If I have a $1000 in a bank that pays 3% interest, at the end of the year I have earned $30.

If I own T (ATT) and have $1000 in shares and it has a 6% yield, the dividend is paid quarterly. The night before the dividend is paid the price of the share is adjusted down to the to the same as the dividend. If you reinvest the dividend you are equal. If you spend the dividend your account is now 6% less than before................
I don't think it works like this. Stocks are paying dividends from retained earnings. Accordingly, in a static world, if the dividend equals the earnings, the price of the stock would stay level over time. (In the real world dividends and retained earnings are never equal, and investor sentiment also drives stock prices.)
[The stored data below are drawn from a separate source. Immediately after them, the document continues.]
//! A cell, read from the front of some bytes.
//!
//! Each function gives the field and the bytes after it, or `Stop::Left` with how many bytes stand from the fault to the
//! end: none where bytes are missing, and all from the field's first byte on where the field is wrong.
ghost use Rattle.std.specs.Prelude.{◌≡◌};
ghost use Rattle.std.specs.Int.{w32};
ghost use Rattle.kt_bytes.specs.Reading.{Gives, counted_at};
ghost use Rattle.kt_base.specs.Borrowed.{cell_in};
ghost use Rattle.kt_cells.specs.Reading.{flag_at, cell_at};

use kt_base::{Cell, CellRef};
use kt_bytes::Stop;
use kt_bytes::fields::{front_of, u32_at, u64_at};
use std::alloc::Global;

fn text_of(bytes: &[u8]) -> Result<(&[u8], &[u8]), Stop>
    ensures { Gives (λ x. (x.0.now, x.1.now)) result (counted_at w32 bytes.now) }
{
    let (len, rest) = u32_at(bytes)?;
    front_of(rest, len as usize)
}

/// A byte that says no or yes.
#[tactic(auto, unfolding(crate::specs::Reading::flag_at))]
pub fn flag_of(bytes: &[u8]) -> Result<(bool, &[u8]), Stop>
    ensures { Gives (λ x. (x.0, x.1.now)) result (flag_at bytes.now) }
{
    match bytes {
        [] => Err(Stop::Left(0)),
        [0, rest @ ..] => Ok((false, rest)),
        [1, rest @ ..] => Ok((true, rest)),
        [_, ..] => Err(Stop::Left(bytes.len())),
    }
}

/// A cell that borrows its text from the bytes: the byte of its kind, and its value.
#[tactic(auto, unfolding(crate::specs::Reading::cell_at))]
pub fn cell_ref_of(bytes: &[u8]) -> Result<(CellRef<'_>, &[u8]), Stop>
    ensures { Gives (λ x. (cell_in x.0, x.1.now)) result (cell_at bytes.now) }
{
    match bytes {
        [] => Err(Stop::Left(0)),
        [0, rest @ ..] => Ok((CellRef::Null, rest)),
        [1, rest @ ..] => {
            let (flag, rest) = flag_of(rest)?;
            Ok((CellRef::Bool(flag), rest))
        }
        [2, rest @ ..] => {
            let (number, rest) = u64_at(rest)?;
            Ok((CellRef::Int(number.cast_signed()), rest))
        }
        [3, rest @ ..] => {
            let (text, rest) = text_of(rest)?;
            Ok((CellRef::Bytes(text), rest))
        }
        [_, ..] => Err(Stop::Left(bytes.len())),
    }
}

/// A cell with a text of its own.
pub fn cell_of(alloc: Global, bytes: &[u8]) -> Result<(Cell, &[u8]), Stop>
    ensures { Gives (λ x. (x.0, x.1.now)) result (cell_at bytes.now) }
{
    let (cell, rest) = cell_ref_of(bytes)?;
    Ok((cell.to_cell(alloc)?, rest))
}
Here is investopedia's take on this topic. They describe a theoretical run-up in price once the dividend is announced and then a decrease once it is paid. So price is static excepting market sentiment.

"The declaration of a dividend naturally encourages investors to purchase stock. Because investors know that they will receive a dividend if they purchase the stock before the ex-dividend date, they are willing to pay a premium. This causes the price of stock to increase in the days leading up to the ex-dividend date. In general, the increase is about equal to the amount of the dividend, but the actual price change is based on market activity and not determined by any governing entity.

On the ex-dividend date, investors may drive down the stock price by the amount of the dividend to account for the fact that new investors are not eligible to receive dividends and are therefore unwilling to pay a premium. However, if the market is particularly optimistic about the stock leading up to the ex-dividend date, the price increase this creates may be larger than the actual dividend amount, resulting in a net increase despite the automatic reduction. If the dividend is small, the reduction may even go unnoticed due to the back and forth of normal trading."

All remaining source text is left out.